Down to the last line, the material below should be reproduced exactly.

*** Opening of Given information ***

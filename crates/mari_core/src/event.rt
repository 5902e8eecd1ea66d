//! What may happen in a search, and why it may be refused.

ghost use Rattle.std.specs.Prelude.{◌≡◌};
ghost use Rattle.mari_core.specs.Machine.{actor_of};
ghost use Rattle.mari_core.specs.declared.event.StepFault.TheVariants.{Memory as NoStepMemory};
ghost use Rattle.mari_core.specs.declared.event.FinishFault.TheVariants.{Memory as NoFinishMemory};

use mari_market::{Attained, Finding};
use mari_units::Memory;
use std::alloc::{AllocError, AllocFailed};

/// One step of a search. Actors and nodes count from 0.
#[derive(Drop)]
pub enum Event {
    /// The actor looks at the incumbent.
    Look {
        /// The actor's number.
        actor: u32,
    },
    /// The actor offers an admissible activation of this welfare.
    Offer {
        /// The actor's number.
        actor: u32,
        /// The activation and its welfare, in quarter-cents.
        attained: Attained,
    },
    /// The actor takes a node that waits.
    Take {
        /// The actor's number.
        actor: u32,
        /// The node's number.
        node: u32,
    },
    /// The actor says what it found of a node that it has taken.
    Settle {
        /// The actor's number.
        actor: u32,
        /// The node's number.
        node: u32,
        /// What the examination of the node's prefix found.
        finding: Finding,
    },
    /// The actor gives a node back that it has taken.
    GiveBack {
        /// The actor's number.
        actor: u32,
        /// The node's number.
        node: u32,
    },
}

impl Event {
    /// The actor whose step it is.
    pub(crate) fn actor(&self) -> u32
        ensures { result ≡ actor_of self.now }
    {
        match self {
            Event::Look { actor }
            | Event::Offer { actor, .. }
            | Event::Take { actor, .. }
            | Event::Settle { actor, .. }
            | Event::GiveBack { actor, .. } => *actor,
        }
    }
}

/// Why a step was refused.
#[derive(Clone, Copy, Debug, Drop, PartialEq, Eq)]
pub enum StepFault {
    /// There is no actor of that number.
    NoActor,
    /// There is no node of that number.
    NoNode,
    /// The node that was to be taken doesn't wait.
    NotUntaken,
    /// The node isn't taken by that actor.
    NotTaken,
    /// Out of memory.
    Memory,
}

/// The first step of a list that was refused, and why. Out of memory comes only before the first step.
#[derive(Clone, Copy, Debug, Drop, PartialEq, Eq)]
pub struct ReplayFault {
    /// The place of the step, counted from 1; 0 where memory ran out before the first.
    pub place: usize,
    /// Why it was refused.
    pub fault: StepFault,
}

/// Why a search has no clearing yet.
#[derive(Clone, Copy, Debug, Drop, PartialEq, Eq)]
pub enum FinishFault {
    /// This node is, in preorder, the first leaf that isn't closed.
    NotClosed(u32),
    /// Out of memory.
    Memory,
}

impl From<Memory> for StepFault {
    ghost from_gives = { λ _ fault. fault ≡ NoStepMemory };

    fn from(_: Memory) -> Self {
        StepFault::Memory
    }
}

impl From<Memory> for FinishFault {
    ghost from_gives = { λ _ fault. fault ≡ NoFinishMemory };

    fn from(_: Memory) -> Self {
        FinishFault::Memory
    }
}

impl From<AllocError> for FinishFault {
    ghost from_gives = { λ _ fault. fault ≡ NoFinishMemory };

    fn from(_: AllocError) -> Self {
        FinishFault::Memory
    }
}

impl<T: Drop> From<AllocFailed<T>> for FinishFault {
    ghost from_gives = { λ _ fault. fault ≡ NoFinishMemory };

    fn from(_: AllocFailed<T>) -> Self {
        FinishFault::Memory
    }
}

*** Close of Given information ***

## Response area
filename crates/mari_core/src/event.rt
repository 5902e8eecd1ea66d
//! What may happen in a search, and why it may be refused.

ghost use Rattle.std.specs.Prelude.{◌≡◌};
ghost use Rattle.mari_core.specs.Machine.{actor_of};
ghost use Rattle.mari_core.specs.declared.event.StepFault.TheVariants.{Memory as NoStepMemory};
ghost use Rattle.mari_core.specs.declared.event.FinishFault.TheVariants.{Memory as NoFinishMemory};

use mari_market::{Attained, Finding};
use mari_units::Memory;
use std::alloc::{AllocError, AllocFailed};

/// One step of a search. Actors and nodes count from 0.
#[derive(Drop)]
pub enum Event {
    /// The actor looks at the incumbent.
    Look {
        /// The actor's number.
        actor: u32,
    },
    /// The actor offers an admissible activation of this welfare.
    Offer {
        /// The actor's number.
        actor: u32,
        /// The activation and its welfare, in quarter-cents.
        attained: Attained,
    },
    /// The actor takes a node that waits.
    Take {
        /// The actor's number.
        actor: u32,
        /// The node's number.
        node: u32,
    },
    /// The actor says what it found of a node that it has taken.
    Settle {
        /// The actor's number.
        actor: u32,
        /// The node's number.
        node: u32,
        /// What the examination of the node's prefix found.
        finding: Finding,
    },
    /// The actor gives a node back that it has taken.
    GiveBack {
        /// The actor's number.
        actor: u32,
        /// The node's number.
        node: u32,
    },
}

impl Event {
    /// The actor whose step it is.
    pub(crate) fn actor(&self) -> u32
        ensures { result ≡ actor_of self.now }
    {
        match self {
            Event::Look { actor }
            | Event::Offer { actor, .. }
            | Event::Take { actor, .. }
            | Event::Settle { actor, .. }
            | Event::GiveBack { actor, .. } => *actor,
        }
    }
}

/// Why a step was refused.
#[derive(Clone, Copy, Debug, Drop, PartialEq, Eq)]
pub enum StepFault {
    /// There is no actor of that number.
    NoActor,
    /// There is no node of that number.
    NoNode,
    /// The node that was to be taken doesn't wait.
    NotUntaken,
    /// The node isn't taken by that actor.
    NotTaken,
    /// Out of memory.
    Memory,
}

/// The first step of a list that was refused, and why. Out of memory comes only before the first step.
#[derive(Clone, Copy, Debug, Drop, PartialEq, Eq)]
pub struct ReplayFault {
    /// The place of the step, counted from 1; 0 where memory ran out before the first.
    pub place: usize,
    /// Why it was refused.
    pub fault: StepFault,
}

/// Why a search has no clearing yet.
#[derive(Clone, Copy, Debug, Drop, PartialEq, Eq)]
pub enum FinishFault {
    /// This node is, in preorder, the first leaf that isn't closed.
    NotClosed(u32),
    /// Out of memory.
    Memory,
}

impl From<Memory> for StepFault {
    ghost from_gives = { λ _ fault. fault ≡ NoStepMemory };

    fn from(_: Memory) -> Self {
        StepFault::Memory
    }
}

impl From<Memory> for FinishFault {
    ghost from_gives = { λ _ fault. fault ≡ NoFinishMemory };

    fn from(_: Memory) -> Self {
        FinishFault::Memory
    }
}

impl From<AllocError> for FinishFault {
    ghost from_gives = { λ _ fault. fault ≡ NoFinishMemory };

    fn from(_: AllocError) -> Self {
        FinishFault::Memory
    }
}

impl<T: Drop> From<AllocFailed<T>> for FinishFault {
    ghost from_gives = { λ _ fault. fault ≡ NoFinishMemory };

    fn from(_: AllocFailed<T>) -> Self {
        FinishFault::Memory
    }
}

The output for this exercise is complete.